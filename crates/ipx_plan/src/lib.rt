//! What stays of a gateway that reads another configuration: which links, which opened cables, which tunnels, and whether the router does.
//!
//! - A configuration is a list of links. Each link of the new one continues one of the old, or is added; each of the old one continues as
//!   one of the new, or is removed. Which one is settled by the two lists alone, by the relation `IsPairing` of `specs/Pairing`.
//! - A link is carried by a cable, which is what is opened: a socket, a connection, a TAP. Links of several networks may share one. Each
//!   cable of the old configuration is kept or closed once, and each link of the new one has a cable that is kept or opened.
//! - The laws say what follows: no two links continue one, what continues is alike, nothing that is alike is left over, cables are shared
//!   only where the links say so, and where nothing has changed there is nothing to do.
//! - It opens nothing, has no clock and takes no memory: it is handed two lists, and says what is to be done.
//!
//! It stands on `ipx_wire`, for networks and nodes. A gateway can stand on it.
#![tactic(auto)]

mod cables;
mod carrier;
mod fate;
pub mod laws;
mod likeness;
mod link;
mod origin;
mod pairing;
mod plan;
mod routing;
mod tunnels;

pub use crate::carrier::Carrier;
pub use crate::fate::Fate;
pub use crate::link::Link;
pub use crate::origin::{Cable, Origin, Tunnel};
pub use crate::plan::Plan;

* * *

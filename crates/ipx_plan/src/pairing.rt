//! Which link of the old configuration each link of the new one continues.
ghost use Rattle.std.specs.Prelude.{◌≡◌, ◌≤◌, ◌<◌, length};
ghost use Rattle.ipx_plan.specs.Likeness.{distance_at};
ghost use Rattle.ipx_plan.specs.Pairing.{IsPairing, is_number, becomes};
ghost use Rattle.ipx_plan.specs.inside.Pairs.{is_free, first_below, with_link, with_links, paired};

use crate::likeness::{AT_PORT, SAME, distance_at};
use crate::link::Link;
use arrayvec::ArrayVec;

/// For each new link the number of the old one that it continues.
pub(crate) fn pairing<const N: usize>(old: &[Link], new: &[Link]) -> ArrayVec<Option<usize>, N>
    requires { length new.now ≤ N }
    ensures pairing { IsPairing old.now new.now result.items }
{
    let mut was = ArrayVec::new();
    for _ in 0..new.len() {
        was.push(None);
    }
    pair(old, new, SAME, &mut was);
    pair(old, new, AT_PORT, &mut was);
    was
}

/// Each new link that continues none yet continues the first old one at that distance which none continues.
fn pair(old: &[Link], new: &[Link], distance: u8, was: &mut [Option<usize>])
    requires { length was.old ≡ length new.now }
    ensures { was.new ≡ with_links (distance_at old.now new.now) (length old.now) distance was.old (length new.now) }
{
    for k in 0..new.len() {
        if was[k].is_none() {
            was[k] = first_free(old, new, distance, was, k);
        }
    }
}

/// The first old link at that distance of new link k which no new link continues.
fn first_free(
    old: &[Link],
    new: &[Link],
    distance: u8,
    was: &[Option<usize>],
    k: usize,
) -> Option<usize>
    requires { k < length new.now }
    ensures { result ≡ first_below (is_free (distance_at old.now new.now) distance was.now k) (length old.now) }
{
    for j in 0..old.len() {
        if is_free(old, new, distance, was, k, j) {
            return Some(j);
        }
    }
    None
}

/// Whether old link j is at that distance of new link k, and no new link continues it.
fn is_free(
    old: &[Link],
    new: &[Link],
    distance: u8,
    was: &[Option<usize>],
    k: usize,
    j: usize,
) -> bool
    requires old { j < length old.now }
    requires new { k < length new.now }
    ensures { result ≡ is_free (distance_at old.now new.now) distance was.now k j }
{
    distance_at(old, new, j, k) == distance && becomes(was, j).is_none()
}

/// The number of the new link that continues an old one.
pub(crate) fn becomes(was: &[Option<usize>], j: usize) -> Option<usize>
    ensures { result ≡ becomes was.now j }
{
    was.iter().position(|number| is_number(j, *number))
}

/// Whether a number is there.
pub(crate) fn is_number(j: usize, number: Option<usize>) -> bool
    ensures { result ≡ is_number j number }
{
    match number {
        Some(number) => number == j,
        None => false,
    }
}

> **Aim of the task**
Set down, unchanged, only those lines above that fall between the line with "length was.old ≡" and the line with "an old one.", the two end lines included.

> **Your response**
    requires { length was.old ≡ length new.now }
    ensures { was.new ≡ with_links (distance_at old.now new.now) (length old.now) distance was.old (length new.now) }
{
    for k in 0..new.len() {
        if was[k].is_none() {
            was[k] = first_free(old, new, distance, was, k);
        }
    }
}

/// The first old link at that distance of new link k which no new link continues.
fn first_free(
    old: &[Link],
    new: &[Link],
    distance: u8,
    was: &[Option<usize>],
    k: usize,
) -> Option<usize>
    requires { k < length new.now }
    ensures { result ≡ first_below (is_free (distance_at old.now new.now) distance was.now k) (length old.now) }
{
    for j in 0..old.len() {
        if is_free(old, new, distance, was, k, j) {
            return Some(j);
        }
    }
    None
}

/// Whether old link j is at that distance of new link k, and no new link continues it.
fn is_free(
    old: &[Link],
    new: &[Link],
    distance: u8,
    was: &[Option<usize>],
    k: usize,
    j: usize,
) -> bool
    requires old { j < length old.now }
    requires new { k < length new.now }
    ensures { result ≡ is_free (distance_at old.now new.now) distance was.now k j }
{
    distance_at(old, new, j, k) == distance && becomes(was, j).is_none()
}

/// The number of the new link that continues an old one.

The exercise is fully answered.